I really don't mean to pick a fight with anyone; but this drives me nuts:
In December, [Daniel] Pink, a Wired contributing editor, came out with Drive: The Surprising Truth About What Motivates Us. The book digs through more than five decades of behavioral science to challenge the orthodoxy that carrots and sticks are the most effective ways to motivate workers in the 21st century. Instead, he argues, the most enduring motivations aren’t external but internal—things we do for our own satisfaction.This drives me nuts, Part I: doesn't it make more sense to say that both methods motivate us? Sometimes we have the leisure to pursue stuff we're interested in, and sometimes we need to be poked and prodded to get stuff done.
And let me tell you: as a manager for the last five years, I've found that this notion of motivating workers to do their best is not so simple. A case in point: I had a highly educated assistant who felt the job was beneath her. Surely it was, and so I gave her ample opportunities to pursue interesting work that better suited her educational qualifications. What she chose to do instead was to spend all of her time job hunting. Another employee interpreted my largesse as a signal that she should go for my job. Another spent all of her time doing the stuff she liked, and none of the stuff that actually needed to get done. These women were all under 37 years old -- not old codgers by any measure.
I digress. But has Daniel Pink ever managed anyone? Do you have the leisure to do only interesting things? (If so, can you tell me how you've made billpaying interesting? Perhaps that'll be the next step from Blippy; the online billpaying game! Earn VISA points while you battle demon creditors and check your 401k!)

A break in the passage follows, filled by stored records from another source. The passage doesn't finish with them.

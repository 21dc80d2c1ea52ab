// The words of output lines that are no names, numbers or texts: an enum for each place, with one
// variant for each word that may stand there.
use hmr_types::{EditRefusal, ModName, Name, Text, TextFault, Ver};

/// What an edit that gives a text brought.
#[derive(Clone, Copy, Debug, PartialEq, Eq)]
pub enum EditWord {
    /// A job for this version.
    Job(Ver),
    /// The text is the current source; nothing was counted.
    Same,
    /// The edit was refused; nothing was counted.
    Refused(EditRefusal),
}

/// What a removal brought.
#[derive(Clone, Copy, Debug, PartialEq, Eq)]
pub enum RemoveWord {
    /// The name has no source from this version on.
    Removed(Ver),
    /// The name had no source; nothing was counted.
    Same,
    /// Every number was given to an edit; nothing was counted.
    NumbersSpent,
}

/// What became of the result of a job.
#[derive(Clone, Copy, Debug, PartialEq, Eq)]
pub enum SettleWord {
    /// It is what is served of its name now.
    Served,
    /// The text is no module, and what is served stays.
    Refused(TextFault),
    /// Its source isn't the current one.
    Late,
    /// That job wasn't issued, or its result came before.
    NotIssued,
}

/// Why a plan was aborted.
#[derive(Clone, Debug, Drop, Eq, PartialEq)]
pub enum AbortWord {
    /// This module isn't served.
    Missing(ModName),
    /// This module's text can't be read.
    Broken(ModName),
    /// The new instance of `name` imports `export` of `from`, which doesn't export it.
    Link {
        name: ModName,
        from: ModName,
        export: Name,
    },
}

/// Where a fault stood: in a module's evaluation, or in a handler of this kind.
#[derive(Clone, Copy, Debug, PartialEq, Eq)]
pub enum FaultPlace {
    /// In the evaluation of a module.
    Module,
    /// In a handler that lets an instance go.
    Dispose,
    /// In a handler that runs when a module is no longer imported.
    Prune,
    /// In a callback for the module itself.
    Own,
    /// In a callback for a dependency.
    Dep,
}

/// Whether a client is caught up.
#[derive(Clone, Copy, Debug, PartialEq, Eq)]
pub enum ClientState {
    /// It is loaded, and nothing waits for it.
    Up,
    /// It isn't loaded, or something waits for it.
    Behind,
}

/// How the session of an own client ended otherwise than by closing.
#[derive(Clone, Copy, Debug, PartialEq, Eq)]
pub enum EndWord {
    /// The link failed.
    Link,
    /// A message couldn't be read.
    Message,
    /// The server or the runtime had stopped.
    Stopped,
    /// There was no memory.
    Memory,
    /// A message wasn't an answer to the request that stood.
    Unexpected,
    /// A plan would have made more than 20,000 instances.
    Instances,
}

/// What became of an instance's evaluation.
#[derive(Clone, Copy, Debug, PartialEq, Eq)]
pub enum InstanceStatus {
    /// It came to its end.
    Done,
    /// A fault ended it.
    Faulted,
    /// It wasn't run, since a dependency faulted or wasn't run.
    Unrun,
}

/// What became of an instance.
#[derive(Clone, Copy, Debug, PartialEq, Eq)]
pub enum InstanceFate {
    /// It is the instance of its module.
    Live,
    /// The instance of this number took its place.
    Replaced(u32),
    /// Its module was no longer imported.
    Pruned,
    /// The page was loaded anew.
    Reloaded,
}

/// What a handler is.
#[derive(Clone, Debug, Drop, Eq, PartialEq)]
pub enum Handled {
    /// Code of its module.
    Code,
    /// A closure of the embedding program.
    Host { label: Text, number: u32 },
}

/// What became of a handler.
#[derive(Clone, Copy, Debug, PartialEq, Eq)]
pub enum HandlerEnd {
    /// It is still registered.
    Held,
    /// It was run.
    Spent,
    /// It was given up without being run.
    Dropped,
}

But the meme of doing only what interests you is an old and seductive one. Even the obscenely beautiful and wealthy have to do things they don't like to do -- finance overseas wars, liposuction, etc. I can't help thinking of the old adage that "You're still a kid until you have a kid", i.e. until you've assumed some responsibility and put yourself and your ego-centered interests on the back burner. Are we turning into a nation of perpetual adolescents? grump grump.

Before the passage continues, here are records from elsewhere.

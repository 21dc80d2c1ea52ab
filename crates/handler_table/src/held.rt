// Closures of the embedding program. What is known of a closure can't be kept beside it, so it is asked
// where the closure comes in, and again where it is called.
ghost use Rattle.std.specs.Prelude.{◌≡◌, IfOk};
ghost use Rattle.module_semantics.specs.Bodies.{host_ran};
ghost use Rattle.retained_data.specs.Runs.{ran_seen};
ghost use Rattle.handler_table.specs.Held.{IsHost};
ghost use Rattle.handler_table.specs.Shelf.{has_label};

use hmr_types::Text;
use retained_data::{Bag, Ran};
use std::alloc::AllocError;
use std::marker::Model;

/// A closure of the embedding program, with its label and its number. It is used up by a call or by
/// `discard`.
pub struct Held<F> {
    label: Text,
    number: u32,
    call: F,
}

impl<F> Model for Held<F> {
    ghost use Rattle.handler_table.specs.Held.{Closure};

    ghost Value = { Closure F };

    ghost view = { λ h. record { label = h.label; number = h.number; call = h.call } };
}

impl<F: FnOnce(Bag) -> Result<Ran, AllocError> + Drop> Held<F> {
    /// Takes a closure that may be called on every bag. Where it answers, that is the stated run: the one
    /// line `host LABEL NUMBER`, and the number kept under the key `host` of the bag; where that key is
    /// new and the bag is full, the bag unchanged and the fault of a full bag.
    pub fn new(label: Text, number: u32, call: F) -> Self
        requires callable { F.IsAlwaysCallable call }
        requires host { IsHost F.post (record { label = label; number = number; call = call }) }
        ensures held { result ≡ record { label = label; number = number; call = call } }
        ensures host { IsHost F.post result }
    {
        Held {
            label,
            number,
            call,
        }
    }

    /// Calls the closure on a bag. It fails only where memory runs out; closure and bag are then gone.
    pub fn spend(self, bag: Bag) -> Result<Ran, AllocError>
        requires callable { F.IsAlwaysCallable self.call }
        requires host { IsHost F.post self }
        ensures { IfOk result (λ ran. ran_seen ran ≡ host_ran self.label self.number bag) }
    {
        let Held {
            label: _,
            number: _,
            call,
        } = self;
        call(bag)
    }
}

impl<F> Held<F> {
    /// Its label.
    pub fn label(&self) -> &Text
        ensures { result.now ≡ self.now.label }
    {
        &self.label
    }

    /// Its number.
    pub fn number(&self) -> u32
        ensures { result ≡ self.now.number }
    {
        self.number
    }

    /// Whether it has this label.
    pub fn has_label(&self, label: &Text) -> bool
        ensures { result ≡ has_label label.now self.now }
    {
        self.label == *label
    }
}

impl<F: Drop> Held<F> {
    /// Lets the closure go without a call.
    pub fn discard(self) {
        let Held {
            label: _,
            number: _,
            call: _,
        } = self;
    }
}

And finally, who has time to pursue what they're interested in? It's interesting to me that this pursuit is presented in a work context. Because increasingly, our lives have no leisure time. This is the Great White Hope -- or Great White Whale, that somehow our interest in 19th century pottery or gardening techniques can somehow get incorporated into a monetized framework. We take less vacation and fill our waking hours with media, so unless media is what we're interested in, it's hard to say what else we have time to pursue.